* **Exercise requirements**
Give back the full listing, exactly as it is.

* **Supplied material**
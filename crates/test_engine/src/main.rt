//! Runs the transactions of `rows.txt` through the engine and through the plain program, each after those before it, and says where a
//! reply differs from the table. Then it runs transactions that are drawn from a seed through both, and says where they differ.
#![tactic(auto)]

mod drawn;
mod engine;
mod guard;
mod run;
mod spelling;

use anyhow::{Result, bail};
use guard::NoEmptyText;
use run::Run;
use std::alloc::Global;
use std::fs;
use std::io::{self, Write};

/// The first of January 2024.
pub(crate) const CLOCK: i64 = 1_704_067_200_000;

/// How many histories are drawn, and from which seed.
const HISTORIES: u32 = 100;

const SEED: u64 = 20_261_127;

fn main(rt: HostRuntime) -> Result<()> {
    let replies = check_table(&rt)?;
    println!(rt; "{replies} replies as the table says")?;
    let tally = drawn::decided(rt.alloc(), HISTORIES, SEED)?;
    println!(rt;
        "{} transactions decided alike, {} of the rules met",
        tally.drawn,
        tally.refused.len()
    )?;
    Ok(())
}

/// How many replies the table has. Each of them has to be given.
fn check_table(rt: &HostRuntime) -> Result<usize> {
    let table = fs::read_to_string(rt, "rows.txt")?;
    if !all_agree(rt.alloc(), table.as_str(), &mut io::writer(rt))? {
        bail!("transactions are answered otherwise than the table says");
    }
    Ok(table.as_str().lines().filter(|line| is_row(line)).count())
}

/// A line with no tab is a heading.
fn is_row(line: &str) -> bool {
    line.contains('\t')
}

/// Runs each row.
fn all_agree<W: Write>(alloc: Global, table: &str, out: &mut W) -> Result<bool> {
    let mut run = Run::new(alloc, NoEmptyText { bars: false })?;
    rows_agree(alloc, &mut run, table, out)
}

/// The heading `new` begins a new history, and `new guarded` one under the guard.
fn rows_agree<W: Write>(alloc: Global, run: &mut Run, table: &str, out: &mut W) -> Result<bool> {
    let mut agree = true;
    for line in table.lines() {
        match line.split_once('\t') {
            Some((data, want)) => agree &= agrees(alloc, run, data, want, out)?,
            None if line.starts_with("new") => run.begin_anew(NoEmptyText {
                bars: line == "new guarded",
            })?,
            None => {}
        }
    }
    Ok(agree)
}

/// Whether the reply is the one of the table. Where it is not, one line more says what was replied.
fn agrees<W: Write>(
    alloc: Global,
    run: &mut Run,
    data: &str,
    want: &str,
    out: &mut W,
) -> Result<bool> {
    let bytes = spelling::bytes_of(alloc, data)?;
    let got = run.reply_to(&bytes)?;
    if got.as_slice() == want.as_bytes() {
        return Ok(true);
    }
    show(data, &got, out)?;
    Ok(false)
}

fn show<W: Write>(data: &str, got: &[u8], out: &mut W) -> Result<()> {
    for text in &[data.as_bytes(), b"\t", got, b"\n"] {
        out.write_all(text)?;
    }
    Ok(())
}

* **Your response**
filename crates/test_engine/src/main.rt
//! Runs the transactions of `rows.txt` through the engine and through the plain program, each after those before it, and says where a
//! reply differs from the table. Then it runs transactions that are drawn from a seed through both, and says where they differ.
#![tactic(auto)]

mod drawn;
mod engine;
mod guard;
mod run;
mod spelling;

use anyhow::{Result, bail};
use guard::NoEmptyText;
use run::Run;
use std::alloc::Global;
use std::fs;
use std::io::{self, Write};

/// The first of January 2024.
pub(crate) const CLOCK: i64 = 1_704_067_200_000;

/// How many histories are drawn, and from which seed.
const HISTORIES: u32 = 100;

const SEED: u64 = 20_261_127;

fn main(rt: HostRuntime) -> Result<()> {
    let replies = check_table(&rt)?;
    println!(rt; "{replies} replies as the table says")?;
    let tally = drawn::decided(rt.alloc(), HISTORIES, SEED)?;
    println!(rt;
        "{} transactions decided alike, {} of the rules met",
        tally.drawn,
        tally.refused.len()
    )?;
    Ok(())
}

/// How many replies the table has. Each of them has to be given.
fn check_table(rt: &HostRuntime) -> Result<usize> {
    let table = fs::read_to_string(rt, "rows.txt")?;
    if !all_agree(rt.alloc(), table.as_str(), &mut io::writer(rt))? {
        bail!("transactions are answered otherwise than the table says");
    }
    Ok(table.as_str().lines().filter(|line| is_row(line)).count())
}

/// A line with no tab is a heading.
fn is_row(line: &str) -> bool {
    line.contains('\t')
}

/// Runs each row.
fn all_agree<W: Write>(alloc: Global, table: &str, out: &mut W) -> Result<bool> {
    let mut run = Run::new(alloc, NoEmptyText { bars: false })?;
    rows_agree(alloc, &mut run, table, out)
}

/// The heading `new` begins a new history, and `new guarded` one under the guard.
fn rows_agree<W: Write>(alloc: Global, run: &mut Run, table: &str, out: &mut W) -> Result<bool> {
    let mut agree = true;
    for line in table.lines() {
        match line.split_once('\t') {
            Some((data, want)) => agree &= agrees(alloc, run, data, want, out)?,
            None if line.starts_with("new") => run.begin_anew(NoEmptyText {
                bars: line == "new guarded",
            })?,
            None => {}
        }
    }
    Ok(agree)
}

/// Whether the reply is the one of the table. Where it is not, one line more says what was replied.
fn agrees<W: Write>(
    alloc: Global,
    run: &mut Run,
    data: &str,
    want: &str,
    out: &mut W,
) -> Result<bool> {
    let bytes = spelling::bytes_of(alloc, data)?;
    let got = run.reply_to(&bytes)?;
    if got.as_slice() == want.as_bytes() {
        return Ok(true);
    }
    show(data, &got, out)?;
    Ok(false)
}

fn show<W: Write>(data: &str, got: &[u8], out: &mut W) -> Result<()> {
    for text in &[data.as_bytes(), b"\t", got, b"\n"] {
        out.write_all(text)?;
    }
    Ok(())
}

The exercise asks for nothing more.